### Exercise requirements
Take the data from its first line. Print each line exactly until the line containing "come before it.)" has been printed too.

[[ Data to process, beginning ]]

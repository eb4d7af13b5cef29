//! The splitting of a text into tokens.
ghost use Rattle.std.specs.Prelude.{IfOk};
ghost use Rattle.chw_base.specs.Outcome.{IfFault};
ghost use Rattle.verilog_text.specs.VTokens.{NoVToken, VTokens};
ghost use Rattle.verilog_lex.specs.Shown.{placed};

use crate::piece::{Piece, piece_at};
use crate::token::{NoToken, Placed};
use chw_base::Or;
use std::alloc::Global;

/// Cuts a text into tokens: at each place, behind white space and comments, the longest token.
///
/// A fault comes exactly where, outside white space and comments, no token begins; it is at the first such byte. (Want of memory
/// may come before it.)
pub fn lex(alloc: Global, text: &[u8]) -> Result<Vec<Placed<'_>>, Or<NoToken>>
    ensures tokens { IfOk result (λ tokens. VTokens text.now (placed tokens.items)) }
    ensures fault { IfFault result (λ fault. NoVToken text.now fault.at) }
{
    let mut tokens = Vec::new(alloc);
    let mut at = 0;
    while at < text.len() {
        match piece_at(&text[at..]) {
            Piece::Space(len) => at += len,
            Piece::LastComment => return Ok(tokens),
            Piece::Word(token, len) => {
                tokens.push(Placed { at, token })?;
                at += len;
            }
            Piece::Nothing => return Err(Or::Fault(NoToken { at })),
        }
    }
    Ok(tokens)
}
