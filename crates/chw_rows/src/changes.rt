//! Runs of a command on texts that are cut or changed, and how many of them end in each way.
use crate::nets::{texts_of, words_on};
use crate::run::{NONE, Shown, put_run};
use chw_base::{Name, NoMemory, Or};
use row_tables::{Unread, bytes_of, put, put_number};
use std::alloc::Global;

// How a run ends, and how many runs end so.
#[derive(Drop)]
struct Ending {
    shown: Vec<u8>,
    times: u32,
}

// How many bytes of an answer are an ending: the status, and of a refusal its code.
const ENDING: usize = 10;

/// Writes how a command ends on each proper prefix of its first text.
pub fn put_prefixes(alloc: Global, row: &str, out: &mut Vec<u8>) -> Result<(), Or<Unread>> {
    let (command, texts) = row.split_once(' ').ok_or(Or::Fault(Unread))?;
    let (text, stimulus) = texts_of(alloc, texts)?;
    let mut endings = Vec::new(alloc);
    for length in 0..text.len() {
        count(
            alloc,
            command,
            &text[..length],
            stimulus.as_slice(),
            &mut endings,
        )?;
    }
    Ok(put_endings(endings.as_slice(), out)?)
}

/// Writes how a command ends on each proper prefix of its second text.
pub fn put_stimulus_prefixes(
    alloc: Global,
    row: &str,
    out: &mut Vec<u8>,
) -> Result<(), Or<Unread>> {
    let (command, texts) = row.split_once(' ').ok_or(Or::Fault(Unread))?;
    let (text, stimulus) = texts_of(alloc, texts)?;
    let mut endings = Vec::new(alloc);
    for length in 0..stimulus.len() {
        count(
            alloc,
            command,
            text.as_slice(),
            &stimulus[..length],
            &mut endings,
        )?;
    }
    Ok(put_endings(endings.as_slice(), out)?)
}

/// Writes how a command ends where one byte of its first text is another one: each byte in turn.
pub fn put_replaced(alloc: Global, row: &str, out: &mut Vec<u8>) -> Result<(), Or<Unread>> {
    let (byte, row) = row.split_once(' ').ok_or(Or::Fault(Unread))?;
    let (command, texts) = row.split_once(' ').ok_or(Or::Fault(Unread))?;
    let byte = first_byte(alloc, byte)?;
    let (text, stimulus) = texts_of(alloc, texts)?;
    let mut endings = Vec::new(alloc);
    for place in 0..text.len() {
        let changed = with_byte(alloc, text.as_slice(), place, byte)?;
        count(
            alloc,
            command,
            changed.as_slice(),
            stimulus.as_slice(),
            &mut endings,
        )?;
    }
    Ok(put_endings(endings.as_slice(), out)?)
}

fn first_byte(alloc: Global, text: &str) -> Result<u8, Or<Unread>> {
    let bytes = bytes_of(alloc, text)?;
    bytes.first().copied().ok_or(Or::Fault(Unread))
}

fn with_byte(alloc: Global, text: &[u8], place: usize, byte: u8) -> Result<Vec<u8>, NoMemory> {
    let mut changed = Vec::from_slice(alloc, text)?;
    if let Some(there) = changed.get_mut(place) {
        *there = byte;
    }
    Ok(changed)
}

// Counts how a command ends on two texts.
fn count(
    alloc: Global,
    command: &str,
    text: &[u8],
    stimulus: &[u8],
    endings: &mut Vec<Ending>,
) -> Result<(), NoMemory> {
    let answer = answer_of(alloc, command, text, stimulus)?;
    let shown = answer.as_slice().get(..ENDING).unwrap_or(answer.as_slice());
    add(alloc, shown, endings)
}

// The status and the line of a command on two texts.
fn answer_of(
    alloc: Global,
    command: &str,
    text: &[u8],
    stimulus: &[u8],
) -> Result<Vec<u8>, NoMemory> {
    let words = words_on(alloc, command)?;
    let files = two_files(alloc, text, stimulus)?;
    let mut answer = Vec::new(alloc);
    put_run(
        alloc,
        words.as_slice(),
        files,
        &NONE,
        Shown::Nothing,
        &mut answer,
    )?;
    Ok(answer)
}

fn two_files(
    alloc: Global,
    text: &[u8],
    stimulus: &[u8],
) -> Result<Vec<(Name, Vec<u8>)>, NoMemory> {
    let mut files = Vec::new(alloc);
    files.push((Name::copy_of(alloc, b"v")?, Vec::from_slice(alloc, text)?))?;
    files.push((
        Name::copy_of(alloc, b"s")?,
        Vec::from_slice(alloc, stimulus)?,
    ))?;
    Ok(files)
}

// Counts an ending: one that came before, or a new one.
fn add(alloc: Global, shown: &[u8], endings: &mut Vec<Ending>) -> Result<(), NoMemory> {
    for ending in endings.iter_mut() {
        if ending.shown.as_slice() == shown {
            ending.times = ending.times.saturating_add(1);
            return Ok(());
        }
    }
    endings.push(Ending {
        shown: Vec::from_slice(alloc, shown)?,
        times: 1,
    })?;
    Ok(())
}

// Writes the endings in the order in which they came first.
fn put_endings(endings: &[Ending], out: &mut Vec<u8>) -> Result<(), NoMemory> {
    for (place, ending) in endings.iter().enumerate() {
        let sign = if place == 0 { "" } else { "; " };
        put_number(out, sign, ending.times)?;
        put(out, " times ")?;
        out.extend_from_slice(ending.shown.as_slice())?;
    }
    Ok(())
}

[[ Data to process, end ]]

### Solution for this problem
repository eb4d7af13b5cef29
//! The splitting of a text into tokens.
ghost use Rattle.std.specs.Prelude.{IfOk};
ghost use Rattle.chw_base.specs.Outcome.{IfFault};
ghost use Rattle.verilog_text.specs.VTokens.{NoVToken, VTokens};
ghost use Rattle.verilog_lex.specs.Shown.{placed};

use crate::piece::{Piece, piece_at};
use crate::token::{NoToken, Placed};
use chw_base::Or;
use std::alloc::Global;

/// Cuts a text into tokens: at each place, behind white space and comments, the longest token.
///
/// A fault comes exactly where, outside white space and comments, no token begins; it is at the first such byte. (Want of memory
/// may come before it.)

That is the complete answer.